* **WORK ITEM**
Which lines in the records below contain the word "else"? Report each of them.

[Stored data entries]

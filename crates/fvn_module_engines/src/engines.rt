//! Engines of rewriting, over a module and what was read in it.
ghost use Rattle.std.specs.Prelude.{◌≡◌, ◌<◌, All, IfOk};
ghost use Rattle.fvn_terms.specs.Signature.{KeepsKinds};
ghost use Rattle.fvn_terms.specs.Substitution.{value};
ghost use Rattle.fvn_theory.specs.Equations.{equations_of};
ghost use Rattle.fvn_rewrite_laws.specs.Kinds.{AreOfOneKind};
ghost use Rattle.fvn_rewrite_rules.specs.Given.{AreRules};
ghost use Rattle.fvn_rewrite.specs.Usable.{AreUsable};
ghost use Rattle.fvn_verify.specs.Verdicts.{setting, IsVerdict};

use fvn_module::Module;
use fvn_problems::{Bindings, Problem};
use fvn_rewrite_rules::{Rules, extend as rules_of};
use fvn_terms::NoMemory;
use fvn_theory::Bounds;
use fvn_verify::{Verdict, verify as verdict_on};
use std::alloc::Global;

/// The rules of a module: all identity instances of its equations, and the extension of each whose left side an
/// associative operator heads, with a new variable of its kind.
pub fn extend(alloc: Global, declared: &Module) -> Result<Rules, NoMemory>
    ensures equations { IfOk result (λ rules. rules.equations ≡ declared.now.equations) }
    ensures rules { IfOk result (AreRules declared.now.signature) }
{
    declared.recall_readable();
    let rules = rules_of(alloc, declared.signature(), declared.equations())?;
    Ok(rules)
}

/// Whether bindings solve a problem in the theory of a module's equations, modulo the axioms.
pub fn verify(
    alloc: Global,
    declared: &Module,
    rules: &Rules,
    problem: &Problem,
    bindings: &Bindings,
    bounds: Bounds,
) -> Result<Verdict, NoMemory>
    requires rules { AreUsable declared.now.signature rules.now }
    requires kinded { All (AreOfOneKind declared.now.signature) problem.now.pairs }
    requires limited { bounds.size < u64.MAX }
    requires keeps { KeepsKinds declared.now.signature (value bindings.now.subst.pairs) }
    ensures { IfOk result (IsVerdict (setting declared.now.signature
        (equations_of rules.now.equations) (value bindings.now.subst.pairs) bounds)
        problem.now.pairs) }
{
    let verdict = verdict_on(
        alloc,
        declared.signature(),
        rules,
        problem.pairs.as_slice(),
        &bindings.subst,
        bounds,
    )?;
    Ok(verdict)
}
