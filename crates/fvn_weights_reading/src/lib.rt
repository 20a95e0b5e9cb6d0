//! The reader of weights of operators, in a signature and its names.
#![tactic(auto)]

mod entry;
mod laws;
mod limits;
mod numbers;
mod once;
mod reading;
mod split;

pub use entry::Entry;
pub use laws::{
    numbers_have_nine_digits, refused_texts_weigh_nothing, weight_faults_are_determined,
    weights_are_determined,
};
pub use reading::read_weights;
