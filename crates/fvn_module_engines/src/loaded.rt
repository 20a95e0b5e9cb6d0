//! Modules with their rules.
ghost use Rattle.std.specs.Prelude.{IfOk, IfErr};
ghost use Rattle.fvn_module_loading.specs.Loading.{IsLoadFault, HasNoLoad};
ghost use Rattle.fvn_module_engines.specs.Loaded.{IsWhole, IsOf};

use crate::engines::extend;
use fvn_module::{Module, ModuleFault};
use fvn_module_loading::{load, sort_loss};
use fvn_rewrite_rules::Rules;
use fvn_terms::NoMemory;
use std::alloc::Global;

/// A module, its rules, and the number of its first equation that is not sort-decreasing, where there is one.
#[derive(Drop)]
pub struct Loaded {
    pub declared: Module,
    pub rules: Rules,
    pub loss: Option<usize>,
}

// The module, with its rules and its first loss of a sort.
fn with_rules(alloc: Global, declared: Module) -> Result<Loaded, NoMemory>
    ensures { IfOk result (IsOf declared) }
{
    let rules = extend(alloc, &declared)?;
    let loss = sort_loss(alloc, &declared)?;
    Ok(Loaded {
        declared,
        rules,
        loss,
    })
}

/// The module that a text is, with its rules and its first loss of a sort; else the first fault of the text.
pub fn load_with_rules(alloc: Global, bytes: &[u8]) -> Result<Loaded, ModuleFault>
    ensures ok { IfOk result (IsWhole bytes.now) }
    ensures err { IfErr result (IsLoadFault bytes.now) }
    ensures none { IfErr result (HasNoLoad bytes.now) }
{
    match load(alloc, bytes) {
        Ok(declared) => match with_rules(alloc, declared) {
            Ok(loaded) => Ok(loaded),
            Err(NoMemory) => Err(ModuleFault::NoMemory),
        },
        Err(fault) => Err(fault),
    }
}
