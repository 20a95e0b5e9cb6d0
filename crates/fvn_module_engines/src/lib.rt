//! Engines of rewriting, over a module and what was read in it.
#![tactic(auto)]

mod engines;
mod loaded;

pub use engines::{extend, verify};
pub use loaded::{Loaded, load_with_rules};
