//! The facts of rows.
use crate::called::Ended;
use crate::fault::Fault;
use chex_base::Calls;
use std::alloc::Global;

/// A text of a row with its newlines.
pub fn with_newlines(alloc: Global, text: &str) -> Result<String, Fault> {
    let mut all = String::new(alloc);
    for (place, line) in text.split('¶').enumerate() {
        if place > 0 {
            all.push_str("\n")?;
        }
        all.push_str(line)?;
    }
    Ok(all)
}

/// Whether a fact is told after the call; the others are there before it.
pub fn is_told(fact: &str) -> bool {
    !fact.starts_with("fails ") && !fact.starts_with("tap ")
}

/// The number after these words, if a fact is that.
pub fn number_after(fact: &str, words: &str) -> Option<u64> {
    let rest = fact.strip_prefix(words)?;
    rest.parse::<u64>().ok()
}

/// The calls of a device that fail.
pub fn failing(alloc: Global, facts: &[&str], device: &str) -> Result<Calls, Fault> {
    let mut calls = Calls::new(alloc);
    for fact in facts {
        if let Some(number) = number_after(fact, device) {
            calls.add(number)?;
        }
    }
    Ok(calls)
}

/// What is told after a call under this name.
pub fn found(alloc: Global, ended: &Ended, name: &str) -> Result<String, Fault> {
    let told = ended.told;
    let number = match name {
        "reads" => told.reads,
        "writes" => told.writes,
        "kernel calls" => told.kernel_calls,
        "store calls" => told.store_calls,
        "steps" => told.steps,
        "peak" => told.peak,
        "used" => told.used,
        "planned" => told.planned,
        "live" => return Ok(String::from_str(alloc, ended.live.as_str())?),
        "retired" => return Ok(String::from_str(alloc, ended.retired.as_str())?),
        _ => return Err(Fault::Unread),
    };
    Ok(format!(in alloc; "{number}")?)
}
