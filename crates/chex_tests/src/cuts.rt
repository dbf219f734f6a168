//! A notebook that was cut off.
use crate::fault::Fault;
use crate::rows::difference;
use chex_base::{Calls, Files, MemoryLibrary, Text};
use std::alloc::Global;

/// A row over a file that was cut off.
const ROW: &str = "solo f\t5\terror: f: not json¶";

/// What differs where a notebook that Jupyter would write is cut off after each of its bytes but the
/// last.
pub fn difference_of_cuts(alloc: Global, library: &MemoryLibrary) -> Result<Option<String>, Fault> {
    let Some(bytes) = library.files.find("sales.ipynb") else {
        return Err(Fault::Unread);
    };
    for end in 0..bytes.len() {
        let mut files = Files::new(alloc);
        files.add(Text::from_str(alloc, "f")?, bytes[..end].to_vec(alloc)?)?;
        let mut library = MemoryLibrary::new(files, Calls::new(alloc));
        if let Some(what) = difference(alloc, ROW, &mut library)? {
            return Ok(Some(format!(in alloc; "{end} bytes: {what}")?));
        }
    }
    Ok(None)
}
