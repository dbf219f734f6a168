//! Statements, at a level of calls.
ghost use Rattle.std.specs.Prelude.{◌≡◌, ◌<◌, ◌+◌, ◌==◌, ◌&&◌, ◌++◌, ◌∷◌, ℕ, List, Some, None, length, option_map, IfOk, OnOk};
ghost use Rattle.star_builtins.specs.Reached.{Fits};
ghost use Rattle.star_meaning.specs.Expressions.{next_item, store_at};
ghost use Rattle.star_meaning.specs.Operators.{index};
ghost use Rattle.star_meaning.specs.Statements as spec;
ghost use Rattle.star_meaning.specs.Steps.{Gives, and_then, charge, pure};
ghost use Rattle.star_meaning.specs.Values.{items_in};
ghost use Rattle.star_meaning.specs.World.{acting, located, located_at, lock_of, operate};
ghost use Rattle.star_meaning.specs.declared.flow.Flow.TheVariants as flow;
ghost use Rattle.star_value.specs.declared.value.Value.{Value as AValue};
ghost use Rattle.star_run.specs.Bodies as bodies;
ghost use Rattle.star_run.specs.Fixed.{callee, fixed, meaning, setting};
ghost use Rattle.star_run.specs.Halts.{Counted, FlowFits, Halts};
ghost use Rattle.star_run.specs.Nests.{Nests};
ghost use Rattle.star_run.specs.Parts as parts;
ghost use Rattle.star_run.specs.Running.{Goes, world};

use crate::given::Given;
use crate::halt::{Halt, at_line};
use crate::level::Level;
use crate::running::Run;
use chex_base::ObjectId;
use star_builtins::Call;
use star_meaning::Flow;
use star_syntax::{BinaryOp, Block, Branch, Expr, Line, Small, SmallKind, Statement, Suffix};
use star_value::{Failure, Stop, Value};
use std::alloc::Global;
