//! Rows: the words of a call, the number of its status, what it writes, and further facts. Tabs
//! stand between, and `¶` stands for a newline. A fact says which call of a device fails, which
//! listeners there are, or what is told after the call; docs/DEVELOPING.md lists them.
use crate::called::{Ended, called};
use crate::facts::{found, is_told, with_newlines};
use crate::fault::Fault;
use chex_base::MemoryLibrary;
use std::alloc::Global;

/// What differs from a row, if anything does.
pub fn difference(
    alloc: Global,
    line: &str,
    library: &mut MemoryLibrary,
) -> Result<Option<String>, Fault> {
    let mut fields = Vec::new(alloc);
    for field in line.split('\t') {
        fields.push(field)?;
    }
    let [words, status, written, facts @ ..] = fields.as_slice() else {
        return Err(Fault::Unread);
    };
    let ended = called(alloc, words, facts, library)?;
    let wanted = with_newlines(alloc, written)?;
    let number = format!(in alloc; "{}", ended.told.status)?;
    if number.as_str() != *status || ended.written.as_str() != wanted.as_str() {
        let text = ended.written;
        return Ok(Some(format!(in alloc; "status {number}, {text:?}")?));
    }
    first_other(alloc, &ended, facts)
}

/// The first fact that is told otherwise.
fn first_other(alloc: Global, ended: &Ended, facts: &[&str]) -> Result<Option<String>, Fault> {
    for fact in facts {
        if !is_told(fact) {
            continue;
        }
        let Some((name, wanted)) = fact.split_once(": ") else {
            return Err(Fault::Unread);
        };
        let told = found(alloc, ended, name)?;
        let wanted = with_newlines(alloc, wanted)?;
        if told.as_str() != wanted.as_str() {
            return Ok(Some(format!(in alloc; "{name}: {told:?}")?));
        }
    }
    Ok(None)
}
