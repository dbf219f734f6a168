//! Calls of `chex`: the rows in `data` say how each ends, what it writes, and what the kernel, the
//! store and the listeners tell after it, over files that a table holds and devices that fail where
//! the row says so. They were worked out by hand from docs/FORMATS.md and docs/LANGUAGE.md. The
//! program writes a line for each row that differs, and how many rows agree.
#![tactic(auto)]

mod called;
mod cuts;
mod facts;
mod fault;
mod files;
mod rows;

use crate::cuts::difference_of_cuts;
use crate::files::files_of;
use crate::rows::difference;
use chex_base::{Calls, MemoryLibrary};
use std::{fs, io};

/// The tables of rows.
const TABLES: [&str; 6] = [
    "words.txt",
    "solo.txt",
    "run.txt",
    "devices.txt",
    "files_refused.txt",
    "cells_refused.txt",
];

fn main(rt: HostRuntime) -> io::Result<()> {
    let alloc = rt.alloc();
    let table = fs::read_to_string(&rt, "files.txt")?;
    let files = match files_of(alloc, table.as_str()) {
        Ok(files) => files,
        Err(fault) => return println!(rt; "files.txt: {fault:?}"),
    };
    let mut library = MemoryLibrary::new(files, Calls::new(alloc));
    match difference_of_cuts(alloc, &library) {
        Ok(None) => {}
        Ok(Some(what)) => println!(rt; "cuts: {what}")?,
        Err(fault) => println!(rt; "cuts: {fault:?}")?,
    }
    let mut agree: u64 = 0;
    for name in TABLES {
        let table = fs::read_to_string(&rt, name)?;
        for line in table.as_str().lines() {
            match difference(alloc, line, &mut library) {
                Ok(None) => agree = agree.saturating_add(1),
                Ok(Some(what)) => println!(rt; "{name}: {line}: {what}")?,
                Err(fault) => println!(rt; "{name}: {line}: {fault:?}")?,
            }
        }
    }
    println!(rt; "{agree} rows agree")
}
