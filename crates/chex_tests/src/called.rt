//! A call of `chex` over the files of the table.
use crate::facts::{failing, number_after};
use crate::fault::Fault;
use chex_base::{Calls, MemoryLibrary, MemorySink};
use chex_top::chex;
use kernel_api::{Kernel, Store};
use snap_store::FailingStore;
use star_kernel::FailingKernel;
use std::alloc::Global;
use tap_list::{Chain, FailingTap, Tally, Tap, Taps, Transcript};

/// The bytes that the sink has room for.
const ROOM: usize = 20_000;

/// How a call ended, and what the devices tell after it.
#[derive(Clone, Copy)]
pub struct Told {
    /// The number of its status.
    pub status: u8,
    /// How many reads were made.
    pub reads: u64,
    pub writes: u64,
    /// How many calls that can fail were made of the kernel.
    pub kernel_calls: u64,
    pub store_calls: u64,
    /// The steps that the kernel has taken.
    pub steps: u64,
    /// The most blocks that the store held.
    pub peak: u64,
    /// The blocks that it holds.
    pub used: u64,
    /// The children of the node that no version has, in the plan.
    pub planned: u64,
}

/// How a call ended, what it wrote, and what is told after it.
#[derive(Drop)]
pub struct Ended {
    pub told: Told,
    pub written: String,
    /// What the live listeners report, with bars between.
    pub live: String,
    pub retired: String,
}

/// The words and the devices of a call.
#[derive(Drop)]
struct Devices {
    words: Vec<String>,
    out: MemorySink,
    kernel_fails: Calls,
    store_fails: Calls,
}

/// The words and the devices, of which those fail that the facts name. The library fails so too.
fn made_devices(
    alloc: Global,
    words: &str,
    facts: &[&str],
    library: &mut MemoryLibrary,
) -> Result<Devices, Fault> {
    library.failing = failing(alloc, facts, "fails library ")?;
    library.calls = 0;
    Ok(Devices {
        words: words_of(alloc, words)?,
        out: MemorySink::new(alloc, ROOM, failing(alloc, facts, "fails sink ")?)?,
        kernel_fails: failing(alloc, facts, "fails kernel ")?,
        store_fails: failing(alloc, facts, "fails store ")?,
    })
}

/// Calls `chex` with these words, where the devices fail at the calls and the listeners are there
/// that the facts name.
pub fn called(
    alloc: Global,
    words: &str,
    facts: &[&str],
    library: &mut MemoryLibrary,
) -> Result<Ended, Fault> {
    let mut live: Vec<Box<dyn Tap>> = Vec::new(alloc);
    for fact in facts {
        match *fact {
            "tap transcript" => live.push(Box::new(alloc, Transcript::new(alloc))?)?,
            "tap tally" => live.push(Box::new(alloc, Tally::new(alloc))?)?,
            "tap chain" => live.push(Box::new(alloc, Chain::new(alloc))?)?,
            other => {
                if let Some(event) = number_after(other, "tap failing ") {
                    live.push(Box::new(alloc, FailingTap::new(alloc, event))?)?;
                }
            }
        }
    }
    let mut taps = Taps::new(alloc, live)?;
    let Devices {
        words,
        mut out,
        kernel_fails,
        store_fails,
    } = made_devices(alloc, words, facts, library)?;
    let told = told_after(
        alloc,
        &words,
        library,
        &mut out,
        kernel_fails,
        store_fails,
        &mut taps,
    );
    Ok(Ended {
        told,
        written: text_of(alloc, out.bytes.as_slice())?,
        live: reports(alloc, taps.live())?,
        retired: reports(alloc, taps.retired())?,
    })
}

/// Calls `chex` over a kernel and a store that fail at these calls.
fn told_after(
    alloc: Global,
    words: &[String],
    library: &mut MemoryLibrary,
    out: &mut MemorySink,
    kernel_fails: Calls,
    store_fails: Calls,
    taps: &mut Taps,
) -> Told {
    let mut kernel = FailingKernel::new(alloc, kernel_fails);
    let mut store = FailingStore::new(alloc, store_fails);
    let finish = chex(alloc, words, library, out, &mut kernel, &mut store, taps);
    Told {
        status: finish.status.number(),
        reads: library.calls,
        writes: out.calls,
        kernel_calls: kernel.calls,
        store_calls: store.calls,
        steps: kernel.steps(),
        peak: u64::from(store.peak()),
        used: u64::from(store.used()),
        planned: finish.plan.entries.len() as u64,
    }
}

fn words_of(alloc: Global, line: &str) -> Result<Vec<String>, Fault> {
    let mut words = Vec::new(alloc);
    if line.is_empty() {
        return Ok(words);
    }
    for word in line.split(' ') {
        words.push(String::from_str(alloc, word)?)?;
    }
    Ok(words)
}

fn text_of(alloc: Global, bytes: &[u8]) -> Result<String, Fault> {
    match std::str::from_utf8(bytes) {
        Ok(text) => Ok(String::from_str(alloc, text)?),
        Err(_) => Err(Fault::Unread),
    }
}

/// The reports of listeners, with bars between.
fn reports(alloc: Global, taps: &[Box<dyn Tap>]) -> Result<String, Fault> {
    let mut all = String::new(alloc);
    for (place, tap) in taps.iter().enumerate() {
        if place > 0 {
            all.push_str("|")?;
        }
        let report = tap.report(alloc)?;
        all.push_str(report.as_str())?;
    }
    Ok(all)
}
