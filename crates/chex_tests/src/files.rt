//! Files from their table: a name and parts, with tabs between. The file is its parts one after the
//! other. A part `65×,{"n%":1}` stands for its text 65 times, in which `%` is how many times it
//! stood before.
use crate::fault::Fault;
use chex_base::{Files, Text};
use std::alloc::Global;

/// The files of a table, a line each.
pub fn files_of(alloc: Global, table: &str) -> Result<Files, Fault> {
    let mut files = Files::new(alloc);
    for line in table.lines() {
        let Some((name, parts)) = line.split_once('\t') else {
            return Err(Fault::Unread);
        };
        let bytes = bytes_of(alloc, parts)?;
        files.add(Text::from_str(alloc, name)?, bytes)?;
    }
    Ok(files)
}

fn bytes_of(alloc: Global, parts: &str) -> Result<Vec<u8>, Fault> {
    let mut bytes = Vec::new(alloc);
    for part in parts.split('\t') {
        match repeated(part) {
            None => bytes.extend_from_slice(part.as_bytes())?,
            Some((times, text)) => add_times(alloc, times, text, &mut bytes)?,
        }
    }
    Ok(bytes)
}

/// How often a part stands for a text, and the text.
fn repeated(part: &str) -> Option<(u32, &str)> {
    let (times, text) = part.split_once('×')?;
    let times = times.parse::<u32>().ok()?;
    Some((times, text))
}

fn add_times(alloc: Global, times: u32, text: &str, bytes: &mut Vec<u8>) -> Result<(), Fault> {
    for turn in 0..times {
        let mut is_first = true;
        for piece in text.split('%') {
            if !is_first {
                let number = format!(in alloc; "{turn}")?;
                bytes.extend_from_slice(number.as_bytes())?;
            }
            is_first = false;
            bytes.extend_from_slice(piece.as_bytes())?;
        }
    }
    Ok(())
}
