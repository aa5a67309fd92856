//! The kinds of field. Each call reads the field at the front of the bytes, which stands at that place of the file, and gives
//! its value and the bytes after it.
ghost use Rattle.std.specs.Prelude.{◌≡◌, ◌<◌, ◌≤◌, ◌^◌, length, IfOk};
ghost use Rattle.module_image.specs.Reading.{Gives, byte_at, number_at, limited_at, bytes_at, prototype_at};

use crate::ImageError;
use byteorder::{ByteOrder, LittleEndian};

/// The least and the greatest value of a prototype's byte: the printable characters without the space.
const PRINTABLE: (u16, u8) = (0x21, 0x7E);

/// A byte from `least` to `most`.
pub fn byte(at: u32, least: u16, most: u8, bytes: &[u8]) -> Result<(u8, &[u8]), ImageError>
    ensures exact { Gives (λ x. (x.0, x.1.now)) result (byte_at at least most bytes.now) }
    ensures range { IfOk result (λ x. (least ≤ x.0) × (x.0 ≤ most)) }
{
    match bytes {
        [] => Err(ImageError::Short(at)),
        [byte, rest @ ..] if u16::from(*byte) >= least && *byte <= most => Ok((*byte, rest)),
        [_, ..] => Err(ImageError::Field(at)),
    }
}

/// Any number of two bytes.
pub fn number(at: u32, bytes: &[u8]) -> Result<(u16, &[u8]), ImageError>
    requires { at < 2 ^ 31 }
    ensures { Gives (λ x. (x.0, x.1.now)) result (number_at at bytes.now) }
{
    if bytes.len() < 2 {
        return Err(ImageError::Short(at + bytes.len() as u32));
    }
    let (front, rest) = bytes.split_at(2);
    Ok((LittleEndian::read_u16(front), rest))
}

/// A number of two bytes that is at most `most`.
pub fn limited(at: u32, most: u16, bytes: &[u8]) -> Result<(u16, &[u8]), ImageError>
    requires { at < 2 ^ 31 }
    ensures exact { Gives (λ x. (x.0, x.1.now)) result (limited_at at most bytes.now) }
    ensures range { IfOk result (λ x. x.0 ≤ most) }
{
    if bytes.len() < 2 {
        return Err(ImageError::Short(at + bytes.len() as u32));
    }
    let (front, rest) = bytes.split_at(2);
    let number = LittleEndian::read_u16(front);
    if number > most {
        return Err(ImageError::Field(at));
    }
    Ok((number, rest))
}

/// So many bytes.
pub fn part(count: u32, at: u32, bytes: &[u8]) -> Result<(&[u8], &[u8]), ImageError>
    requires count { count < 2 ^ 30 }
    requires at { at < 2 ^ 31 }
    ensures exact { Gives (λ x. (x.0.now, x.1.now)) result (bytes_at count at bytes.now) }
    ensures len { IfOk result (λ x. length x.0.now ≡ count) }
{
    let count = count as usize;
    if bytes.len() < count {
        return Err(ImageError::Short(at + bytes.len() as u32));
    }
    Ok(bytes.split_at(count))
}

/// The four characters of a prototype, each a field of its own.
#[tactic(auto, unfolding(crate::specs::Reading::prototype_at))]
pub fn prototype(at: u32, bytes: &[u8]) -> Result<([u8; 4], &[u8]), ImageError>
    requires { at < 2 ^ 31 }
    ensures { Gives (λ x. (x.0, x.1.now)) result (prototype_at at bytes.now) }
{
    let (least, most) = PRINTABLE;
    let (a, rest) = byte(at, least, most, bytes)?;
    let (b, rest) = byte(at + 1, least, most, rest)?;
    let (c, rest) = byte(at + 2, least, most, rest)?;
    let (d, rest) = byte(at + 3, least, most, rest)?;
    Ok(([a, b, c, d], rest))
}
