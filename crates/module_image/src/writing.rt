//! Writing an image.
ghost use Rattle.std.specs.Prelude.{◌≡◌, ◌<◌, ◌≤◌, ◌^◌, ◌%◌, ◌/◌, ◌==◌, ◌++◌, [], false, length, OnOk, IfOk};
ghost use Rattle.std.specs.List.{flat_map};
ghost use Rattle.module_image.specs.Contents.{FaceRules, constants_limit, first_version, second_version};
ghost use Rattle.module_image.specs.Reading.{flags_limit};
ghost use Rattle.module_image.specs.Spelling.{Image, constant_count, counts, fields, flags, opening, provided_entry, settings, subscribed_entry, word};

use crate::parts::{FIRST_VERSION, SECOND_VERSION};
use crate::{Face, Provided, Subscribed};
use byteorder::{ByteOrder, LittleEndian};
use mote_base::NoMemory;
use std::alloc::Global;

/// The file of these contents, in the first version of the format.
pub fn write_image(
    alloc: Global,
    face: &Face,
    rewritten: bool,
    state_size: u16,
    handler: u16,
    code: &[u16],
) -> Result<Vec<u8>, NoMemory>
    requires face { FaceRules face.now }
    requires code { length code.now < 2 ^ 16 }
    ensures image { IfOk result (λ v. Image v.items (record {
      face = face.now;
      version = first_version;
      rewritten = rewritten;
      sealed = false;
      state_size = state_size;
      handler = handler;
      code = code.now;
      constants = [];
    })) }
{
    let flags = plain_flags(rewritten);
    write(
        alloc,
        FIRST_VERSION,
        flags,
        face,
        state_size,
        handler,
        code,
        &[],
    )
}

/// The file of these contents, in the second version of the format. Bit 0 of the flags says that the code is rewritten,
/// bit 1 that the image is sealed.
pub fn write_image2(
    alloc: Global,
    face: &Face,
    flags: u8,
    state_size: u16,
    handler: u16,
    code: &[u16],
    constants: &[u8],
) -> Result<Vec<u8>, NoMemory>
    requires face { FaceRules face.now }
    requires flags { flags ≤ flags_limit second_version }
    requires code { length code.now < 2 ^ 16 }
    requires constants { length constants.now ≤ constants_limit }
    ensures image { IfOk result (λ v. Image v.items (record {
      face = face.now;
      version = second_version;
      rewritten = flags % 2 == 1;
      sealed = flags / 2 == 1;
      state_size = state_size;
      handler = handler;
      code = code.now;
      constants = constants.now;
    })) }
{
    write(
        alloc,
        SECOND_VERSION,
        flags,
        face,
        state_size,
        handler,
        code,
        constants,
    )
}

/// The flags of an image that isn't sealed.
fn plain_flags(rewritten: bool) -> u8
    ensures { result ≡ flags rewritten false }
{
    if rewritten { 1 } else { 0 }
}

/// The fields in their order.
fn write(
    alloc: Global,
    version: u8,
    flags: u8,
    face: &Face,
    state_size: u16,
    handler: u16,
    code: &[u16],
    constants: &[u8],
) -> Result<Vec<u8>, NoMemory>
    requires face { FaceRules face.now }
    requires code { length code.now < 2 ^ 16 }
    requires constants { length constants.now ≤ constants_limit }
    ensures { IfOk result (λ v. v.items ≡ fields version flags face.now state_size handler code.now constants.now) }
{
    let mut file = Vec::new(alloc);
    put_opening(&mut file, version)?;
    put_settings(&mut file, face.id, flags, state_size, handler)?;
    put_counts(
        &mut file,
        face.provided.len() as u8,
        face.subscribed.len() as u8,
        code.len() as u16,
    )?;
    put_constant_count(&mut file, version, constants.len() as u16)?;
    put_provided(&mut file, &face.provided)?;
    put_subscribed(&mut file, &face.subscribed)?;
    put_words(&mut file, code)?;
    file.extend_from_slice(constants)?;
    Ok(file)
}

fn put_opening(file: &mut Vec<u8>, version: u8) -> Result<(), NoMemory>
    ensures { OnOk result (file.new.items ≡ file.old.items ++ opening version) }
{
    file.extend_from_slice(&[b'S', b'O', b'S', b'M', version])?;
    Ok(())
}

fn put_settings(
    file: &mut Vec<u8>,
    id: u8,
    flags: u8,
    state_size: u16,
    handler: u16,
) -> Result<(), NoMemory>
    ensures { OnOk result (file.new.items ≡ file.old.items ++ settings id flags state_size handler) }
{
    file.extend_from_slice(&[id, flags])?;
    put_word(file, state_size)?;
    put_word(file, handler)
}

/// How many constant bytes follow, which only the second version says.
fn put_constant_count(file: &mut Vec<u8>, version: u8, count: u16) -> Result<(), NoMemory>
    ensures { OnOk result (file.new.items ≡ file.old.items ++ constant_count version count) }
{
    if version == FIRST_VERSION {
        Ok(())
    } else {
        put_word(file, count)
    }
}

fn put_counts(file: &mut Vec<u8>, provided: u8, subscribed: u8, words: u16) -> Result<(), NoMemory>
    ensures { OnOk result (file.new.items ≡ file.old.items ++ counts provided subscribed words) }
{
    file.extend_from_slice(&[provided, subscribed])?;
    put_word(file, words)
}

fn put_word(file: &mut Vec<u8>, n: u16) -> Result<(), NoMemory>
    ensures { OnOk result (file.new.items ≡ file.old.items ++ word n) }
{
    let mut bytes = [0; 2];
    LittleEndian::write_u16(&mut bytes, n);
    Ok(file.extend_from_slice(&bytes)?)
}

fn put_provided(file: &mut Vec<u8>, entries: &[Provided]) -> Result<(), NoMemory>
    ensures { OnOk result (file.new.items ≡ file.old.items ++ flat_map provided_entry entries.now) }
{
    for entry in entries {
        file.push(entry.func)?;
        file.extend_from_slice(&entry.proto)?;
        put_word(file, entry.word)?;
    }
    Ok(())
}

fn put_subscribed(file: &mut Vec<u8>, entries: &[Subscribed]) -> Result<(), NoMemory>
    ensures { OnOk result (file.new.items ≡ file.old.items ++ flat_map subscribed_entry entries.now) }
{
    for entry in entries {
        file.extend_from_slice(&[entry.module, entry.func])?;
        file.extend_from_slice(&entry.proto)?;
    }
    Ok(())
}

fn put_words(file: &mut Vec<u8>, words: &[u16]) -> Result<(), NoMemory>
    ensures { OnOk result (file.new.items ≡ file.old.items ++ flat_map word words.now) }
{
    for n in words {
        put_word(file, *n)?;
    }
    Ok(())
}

* **ANSWER AREA**
/// The module that a text is, with its rules and its first loss of a sort; else the first fault of the text.
    let Some(bytes) = library.files.find("sales.ipynb") else {
    let [words, status, written, facts @ ..] = fields.as_slice() else {
        let Some((name, wanted)) = fact.split_once(": ") else {
        let Some((name, parts)) = line.split_once('\t') else {
    if rewritten { 1 } else { 0 }
    } else {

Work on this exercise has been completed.